The whole document looks weirdly formatted, but you can click the red numeral in the placeholder text for the tables and figures to jump to the appendix where it is. Not sure if this approach is intentional. It's certainly weird.

You would think that with a decent LaTeX template academic papers would look reproducibly good, but for some reason some (many?) institutions and authors choose weakly justified convention over typographically sound formatting optimised for actual reading. The font choice (not too bad, but not pleasant either), the outsized leading which competes with the paragraph spacing. Look at how badly the references section on page xxviii scans.

The word missing from the abstract is 'PornHub', of course. They're not just studying “a dominant online platform”. The fact that it is PornHub seems relevant enough not to hide it in the abstract to me.

gwern 17 hours ago | parent | next [-]

This always frustrates me about paper abstracts. Whether it's economics or AI, everyone seems to make a point of being as vague as possible, when it would sometimes take 1 tiny word to clarify it hugely . You'll see paper abstracts talk about how they analyze "an important and widely deployed commercial family of large language models (LLMs)" and then you have to skim 10 pages before you finally find out that they mean 'GPT'.

I don't think the authors are even doing it maliciously or deliberately, because it's like how students or kids struggle to write anything. It's just a fallback when you're struggling to condense it and have gotten lost in your forest. Like how you can ask someone, "OK, that's all great, but what did you do? What are you trying to say here?" "Oh, I Xed the Y with Z." "There you go. That's your abstract."

mcphage a day ago | parent | prev [-]

> The word missing from the abstract is 'PornHub', of course. They're not just studying “a dominant online platform”. The fact that it is PornHub seems relevant enough not to hide it in the abstract to me.

The fact that it was PornHub is mentioned repeatedly in the paper itself.
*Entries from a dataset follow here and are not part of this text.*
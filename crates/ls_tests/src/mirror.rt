//! Lines fed one after another, and the tables that they make.
use crate::made::row_text;
use ls_line::{LineRefused, read};
use ls_mirror::{Client, Keyed, MirrorRefused, Table};
use ls_value::{NoMemory, Row};
use std::alloc::Global;
use std::test::Fail;

/// The words of a row that may be missing.
fn some_row(alloc: Global, row: Option<&Row>) -> Result<String, NoMemory> {
    match row {
        Some(row) => row_text(alloc, row),
        None => Ok(String::from_str(alloc, "-")?),
    }
}

/// What feeding answered, in words.
fn told(alloc: Global, answer: Result<(), MirrorRefused>) -> Result<String, NoMemory> {
    let word = match answer {
        Ok(()) => "ok",
        Err(MirrorRefused::Unknown { sub, item }) => {
            return Ok(format!(in alloc; "unknown {sub} {item}")?);
        }
        Err(MirrorRefused::BadFields) => "bad",
        Err(MirrorRefused::NoMemory) => "memory",
    };
    Ok(String::from_str(alloc, word)?)
}

/// The last row of an item with its counts of updates and of lost ones.
fn table_text(alloc: Global, table: &Table) -> Result<String, NoMemory> {
    let (updates, lost) = (table.updates, table.lost);
    let row = some_row(alloc, table.last.as_ref())?;
    Ok(format!(in alloc; "{row} {updates} {lost}")?)
}

/// The rows of the keys a and b of a table, and how many keys it has.
fn keys_text(alloc: Global, table: &Table) -> Result<String, NoMemory> {
    let count = table.keys.len();
    let a = some_row(alloc, table.keys.get("a"))?;
    let b = some_row(alloc, table.keys.get("b"))?;
    Ok(format!(in alloc; "a {a}; b {b}; {count}")?)
}

/// The table of an item, if there is one.
fn item_text(alloc: Global, client: &Client, sub: u32, item: u32) -> Result<String, NoMemory> {
    match client.table(sub, item) {
        Some(table) => table_text(alloc, table),
        None => Ok(String::from_str(alloc, "none")?),
    }
}

/// The table of the first item of subscription 1 and its keys, if there is one.
fn keyed_text(alloc: Global, client: &Client) -> Result<String, NoMemory> {
    let Some(table) = client.table(1, 1) else {
        return Ok(String::from_str(alloc, "none")?);
    };
    let last = table_text(alloc, table)?;
    let keys = keys_text(alloc, table)?;
    Ok(format!(in alloc; "{last}; {keys}")?)
}

/// The answer to a line, in words.
fn fed(alloc: Global, client: &mut Client, line: &str) -> Result<String, LineRefused> {
    let line = read(alloc, line.as_bytes())?;
    Ok(told(alloc, client.feed(&line))?)
}

/// A case in words: a line, an item of a subscription, the answer to the line, and the item's table after it.
fn item_case(
    alloc: Global,
    client: &Client,
    line: &str,
    place: (u32, u32),
    answer: &str,
) -> Result<String, NoMemory> {
    let (sub, item) = place;
    let table = item_text(alloc, client, sub, item)?;
    Ok(format!(in alloc; "{line} > {sub} > {item} > {answer} > {table}")?)
}

/// Feeds a case's line. Answers the case as it is then, which is the same where it holds.
fn item_fed(alloc: Global, client: &mut Client, case: &str) -> Result<String, LineRefused> {
    let mut parts = case.split(" > ");
    let line = parts.next().unwrap_or("");
    let sub = parts.next().unwrap_or("").parse::<u32>().unwrap_or(0);
    let item = parts.next().unwrap_or("").parse::<u32>().unwrap_or(0);
    let answer = fed(alloc, client, line)?;
    Ok(item_case(alloc, client, line, (sub, item), answer.as_str())?)
}

/// A case in words: a line, the answer to it, and the table of the first item of subscription 1 after it, with its
/// keys.
fn keyed_case(
    alloc: Global,
    client: &Client,
    line: &str,
    answer: &str,
) -> Result<String, NoMemory> {
    let table = keyed_text(alloc, client)?;
    Ok(format!(in alloc; "{line} > {answer} > {table}")?)
}

/// Feeds a case's line. Answers the case as it is then, which is the same where it holds.
fn keyed_fed(alloc: Global, client: &mut Client, case: &str) -> Result<String, LineRefused> {
    let line = case.split(" > ").next().unwrap_or("");
    let answer = fed(alloc, client, line)?;
    Ok(keyed_case(alloc, client, line, answer.as_str())?)
}

/// A line, a subscription and an item, the answer to the line, and the item's table after it.
const TABLES: &str = "\
EOS,1,1 > 1 > 1 > unknown 1 1 > none
UNSUB,1 > 1 > 1 > unknown 1 0 > none
CONF,1,unlimited,filtered > 1 > 1 > unknown 1 0 > none
SUBOK,3,2,3 > 3 > 1 > ok > - 0 0
CONF,3,2.0,filtered > 3 > 2 > ok > - 0 0
U,3,1,20:00:33|3.04|# > 3 > 1 > ok > 20:00:33|3.04|# 1 0
U,3,1,|3.07| > 3 > 1 > ok > 20:00:33|3.07|# 2 0
U,3,1,^2|$ > 3 > 1 > ok > 20:00:33|3.07| 3 0
U,3,2,^3 > 3 > 2 > ok > #|#|# 1 0
U,3,2,a|b > 3 > 2 > bad > #|#|# 1 0
U,3,2,a|b|c|d > 3 > 2 > bad > #|#|# 1 0
U,3,2,a|b|%FF > 3 > 2 > bad > #|#|# 1 0
U,3,3,a|b|c > 3 > 3 > unknown 3 3 > none
U,4,1,a|b|c > 4 > 1 > unknown 4 1 > none
OV,3,2,7 > 3 > 2 > ok > #|#|# 1 7
OV,3,2,5 > 3 > 2 > ok > #|#|# 1 12
OV,3,3,5 > 3 > 2 > unknown 3 3 > #|#|# 1 12
EOS,3,1 > 3 > 1 > ok > 20:00:33|3.07| 3 0
CS,3,1 > 3 > 1 > ok > 20:00:33|3.07| 3 0
U,3,1,x|| > 3 > 1 > ok > x|3.07| 4 0
PROBE > 3 > 1 > ok > x|3.07| 4 0
END,31,Destroyed by request > 3 > 1 > ok > x|3.07| 4 0
SUBOK,1,1,1 > 3 > 2 > ok > #|#|# 1 12
U,1,1,1 > 1 > 1 > ok > 1 1 0
U,1,1, > 1 > 1 > ok > 1 2 0
SUBOK,3,1,1 > 3 > 1 > ok > - 0 0
U,3,1, > 3 > 1 > ok > # 1 0
EOS,3,2 > 3 > 2 > unknown 3 2 > none
UNSUB,3 > 3 > 1 > ok > none
UNSUB,3 > 1 > 1 > unknown 3 0 > 1 2 0
CS,3,1 > 1 > 1 > unknown 3 1 > 1 2 0
";

#[test]
fn tables_are_of_the_lines(rt: HostRuntime) -> Result<(), Fail> {
    let mut client = Client::new(rt.alloc())?;
    for case in TABLES.lines() {
        assert!(rt;
            item_fed(rt.alloc(), &mut client, case)?.as_str() == case,
            "{case}"
        );
    }
    Ok(())
}

/// A line, the answer to it, and the table of the first item of subscription 1 after it, with its keys.
const KEYS: &str = "\
SUBCMD,1,1,4,1,2 > ok > - 0 0; a -; b -; 0
U,1,1,a|ADD|1|9 > ok > a|ADD|1|9 1 0; a a|#|1|9; b -; 1
EOS,1,1 > ok > a|ADD|1|9 1 0; a a|#|1|9; b -; 1
U,1,1,|UPDATE|3| > ok > a|UPDATE|3|9 2 0; a a|#|3|9; b -; 1
U,1,1,b|ADD||# > ok > b|ADD|3|# 3 0; a a|#|3|9; b b|#|3|#; 2
U,1,1,#|ADD|| > bad > b|ADD|3|# 3 0; a a|#|3|9; b b|#|3|#; 2
U,1,1,|#|| > bad > b|ADD|3|# 3 0; a a|#|3|9; b b|#|3|#; 2
U,1,1,|GO|| > bad > b|ADD|3|# 3 0; a a|#|3|9; b b|#|3|#; 2
U,1,1,|add|| > bad > b|ADD|3|# 3 0; a a|#|3|9; b b|#|3|#; 2
U,1,1,a|DELETE|#| > ok > a|DELETE|#|# 4 0; a -; b b|#|3|#; 1
U,1,1,^4 > ok > a|DELETE|#|# 5 0; a -; b b|#|3|#; 1
U,1,1,|UPDATE|5| > ok > a|UPDATE|5|# 6 0; a a|#|5|#; b b|#|3|#; 2
CS,1,1 > ok > a|UPDATE|5|# 6 0; a -; b -; 0
U,1,1,b|ADD|^2 > ok > b|ADD|5|# 7 0; a -; b b|#|5|#; 1
SUBCMD,1,1,2,2,3 > ok > - 0 0; a -; b -; 0
U,1,1,a|b > bad > - 0 0; a -; b -; 0
";

#[test]
fn keys_follow_their_commands(rt: HostRuntime) -> Result<(), Fail> {
    let mut client = Client::new(rt.alloc())?;
    for case in KEYS.lines() {
        assert!(rt;
            keyed_fed(rt.alloc(), &mut client, case)?.as_str() == case,
            "{case}"
        );
    }
    Ok(())
}

/// Sets a key's row, which has so many nulls.
fn set(alloc: Global, keyed: &mut Keyed, key: &str, fields: usize) -> Result<(), NoMemory> {
    let row = Row::nulls(alloc, fields)?;
    keyed.set(String::from_str(alloc, key)?, row)?;
    Ok(())
}

#[test]
fn a_key_has_its_last_row(rt: HostRuntime) -> Result<(), Fail> {
    let alloc = rt.alloc();
    let mut keyed = Keyed::new(alloc);
    assert!(rt; keyed.is_empty());
    for (key, fields) in [("a", 1), ("b", 2), ("a", 3)] {
        set(alloc, &mut keyed, key, fields)?;
    }
    assert!(rt; some_row(alloc, keyed.get("a"))?.as_str() == "#|#|#");
    keyed.remove("a");
    assert!(rt; keyed.len() == 1);
    keyed.clear();
    assert!(rt; keyed.is_empty());
    Ok(())
}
Leaving it out of the abstract seems fair—they picked PornHub because it was a site that deleted 80% of their content, not because they're specifically interested in studying PornHub.

And, they study several of MindGeek's sites, not just PornHub exclusively.

Freak_NL a day ago | parent [-]

Sure, but omitting it is like having a study about 'a dominant social medium' and not mentioning that it is Facebook or X in the abstract (or a study about radicalisation of young men focusing on 'an anonymous imageboard' and not putting 4chan or whatever in the abstract). These are for the most part unique beasts, not interchangeable venues.

It is relevant information for anyone scanning through dozens of abstracts on the topics addressed.